[Recorded data]
%%

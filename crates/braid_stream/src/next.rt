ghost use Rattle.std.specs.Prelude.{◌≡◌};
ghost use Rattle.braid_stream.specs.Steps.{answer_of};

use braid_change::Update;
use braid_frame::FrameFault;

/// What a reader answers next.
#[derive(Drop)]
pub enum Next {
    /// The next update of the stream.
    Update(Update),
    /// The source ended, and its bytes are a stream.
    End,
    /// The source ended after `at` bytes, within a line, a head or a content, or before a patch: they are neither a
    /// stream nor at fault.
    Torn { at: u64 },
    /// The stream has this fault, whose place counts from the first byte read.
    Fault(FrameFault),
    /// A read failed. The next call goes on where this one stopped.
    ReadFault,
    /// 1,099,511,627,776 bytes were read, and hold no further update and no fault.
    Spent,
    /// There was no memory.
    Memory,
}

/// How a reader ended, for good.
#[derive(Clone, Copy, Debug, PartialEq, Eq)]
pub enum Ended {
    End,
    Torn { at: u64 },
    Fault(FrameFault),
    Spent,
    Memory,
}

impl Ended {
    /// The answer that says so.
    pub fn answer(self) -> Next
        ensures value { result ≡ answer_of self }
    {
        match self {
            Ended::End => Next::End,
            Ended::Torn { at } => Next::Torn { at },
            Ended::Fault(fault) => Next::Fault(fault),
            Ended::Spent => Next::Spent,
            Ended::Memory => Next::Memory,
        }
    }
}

%%
%%

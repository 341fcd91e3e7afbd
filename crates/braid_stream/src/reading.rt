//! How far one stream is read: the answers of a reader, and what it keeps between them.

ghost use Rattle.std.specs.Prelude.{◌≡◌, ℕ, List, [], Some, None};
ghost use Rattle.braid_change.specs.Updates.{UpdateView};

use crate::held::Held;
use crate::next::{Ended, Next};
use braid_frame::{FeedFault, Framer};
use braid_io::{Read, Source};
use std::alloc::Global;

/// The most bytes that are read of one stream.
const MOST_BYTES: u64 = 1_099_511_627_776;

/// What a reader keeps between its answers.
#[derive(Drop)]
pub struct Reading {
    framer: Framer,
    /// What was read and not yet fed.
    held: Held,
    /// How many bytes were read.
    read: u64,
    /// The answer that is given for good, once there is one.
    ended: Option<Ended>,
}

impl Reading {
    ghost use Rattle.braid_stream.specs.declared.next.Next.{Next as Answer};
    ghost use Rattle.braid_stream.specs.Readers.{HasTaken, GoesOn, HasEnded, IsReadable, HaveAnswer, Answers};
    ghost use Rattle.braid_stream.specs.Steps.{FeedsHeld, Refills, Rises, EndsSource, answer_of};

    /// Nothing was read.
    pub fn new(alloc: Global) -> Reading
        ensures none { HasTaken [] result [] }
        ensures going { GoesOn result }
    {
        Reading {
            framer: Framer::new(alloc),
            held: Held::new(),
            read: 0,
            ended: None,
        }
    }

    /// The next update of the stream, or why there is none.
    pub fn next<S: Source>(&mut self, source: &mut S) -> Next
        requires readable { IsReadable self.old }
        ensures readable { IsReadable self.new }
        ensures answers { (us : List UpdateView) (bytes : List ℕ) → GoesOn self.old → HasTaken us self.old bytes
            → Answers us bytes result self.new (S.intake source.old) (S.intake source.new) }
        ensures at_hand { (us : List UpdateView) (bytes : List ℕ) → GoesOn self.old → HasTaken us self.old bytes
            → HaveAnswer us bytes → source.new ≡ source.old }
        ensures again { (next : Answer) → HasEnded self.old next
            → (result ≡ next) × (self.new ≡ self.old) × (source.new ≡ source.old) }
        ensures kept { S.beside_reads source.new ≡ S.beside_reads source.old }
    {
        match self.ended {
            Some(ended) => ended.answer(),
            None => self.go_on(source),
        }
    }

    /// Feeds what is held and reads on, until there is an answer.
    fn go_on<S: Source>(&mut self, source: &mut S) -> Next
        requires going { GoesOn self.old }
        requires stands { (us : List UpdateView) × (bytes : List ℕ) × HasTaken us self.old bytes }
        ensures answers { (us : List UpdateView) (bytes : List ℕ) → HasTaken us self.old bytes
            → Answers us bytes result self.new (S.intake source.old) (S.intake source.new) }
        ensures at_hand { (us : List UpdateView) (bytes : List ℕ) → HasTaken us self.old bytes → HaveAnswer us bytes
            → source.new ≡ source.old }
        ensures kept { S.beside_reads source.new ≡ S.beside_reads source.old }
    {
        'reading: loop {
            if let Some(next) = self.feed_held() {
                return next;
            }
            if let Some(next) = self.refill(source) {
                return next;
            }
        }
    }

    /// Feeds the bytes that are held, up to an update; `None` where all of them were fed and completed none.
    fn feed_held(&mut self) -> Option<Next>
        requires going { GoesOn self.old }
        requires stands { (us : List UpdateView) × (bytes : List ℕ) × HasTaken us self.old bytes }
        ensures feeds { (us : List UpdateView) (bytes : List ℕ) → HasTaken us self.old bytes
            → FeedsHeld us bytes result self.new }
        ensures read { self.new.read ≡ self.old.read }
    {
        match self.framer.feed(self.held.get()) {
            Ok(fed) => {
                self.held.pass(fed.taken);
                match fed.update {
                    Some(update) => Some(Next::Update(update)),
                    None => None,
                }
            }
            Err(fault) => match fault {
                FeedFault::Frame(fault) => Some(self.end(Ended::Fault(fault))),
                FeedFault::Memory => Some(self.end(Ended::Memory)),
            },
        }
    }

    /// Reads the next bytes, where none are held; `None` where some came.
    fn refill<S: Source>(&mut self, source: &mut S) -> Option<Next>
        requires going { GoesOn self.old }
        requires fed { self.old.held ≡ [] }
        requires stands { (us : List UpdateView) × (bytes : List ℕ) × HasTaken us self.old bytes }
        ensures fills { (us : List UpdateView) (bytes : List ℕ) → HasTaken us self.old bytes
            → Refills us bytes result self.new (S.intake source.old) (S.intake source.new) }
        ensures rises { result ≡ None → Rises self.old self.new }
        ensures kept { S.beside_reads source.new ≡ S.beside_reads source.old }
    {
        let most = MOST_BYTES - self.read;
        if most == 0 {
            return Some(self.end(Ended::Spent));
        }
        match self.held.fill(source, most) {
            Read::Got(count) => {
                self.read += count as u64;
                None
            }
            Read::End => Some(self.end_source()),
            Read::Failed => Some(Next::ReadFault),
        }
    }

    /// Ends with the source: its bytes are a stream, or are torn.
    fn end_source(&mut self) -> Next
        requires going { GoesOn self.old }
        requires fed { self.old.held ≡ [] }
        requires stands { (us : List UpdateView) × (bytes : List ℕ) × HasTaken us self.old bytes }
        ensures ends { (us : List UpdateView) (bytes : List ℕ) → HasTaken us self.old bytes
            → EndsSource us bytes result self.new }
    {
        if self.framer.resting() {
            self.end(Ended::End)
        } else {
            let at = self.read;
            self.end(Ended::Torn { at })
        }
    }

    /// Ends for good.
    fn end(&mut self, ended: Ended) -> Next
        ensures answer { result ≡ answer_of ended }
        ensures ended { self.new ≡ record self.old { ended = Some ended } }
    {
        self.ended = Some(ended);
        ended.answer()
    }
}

%%

[TASK DESCRIPTION]
Search the records for lines holding the word "where", then copy each line you find.

[OUTPUT OF THE TASK]
    /// A read failed. The next call goes on where this one stopped.
    /// Feeds the bytes that are held, up to an update; `None` where all of them were fed and completed none.
    /// Reads the next bytes, where none are held; `None` where some came.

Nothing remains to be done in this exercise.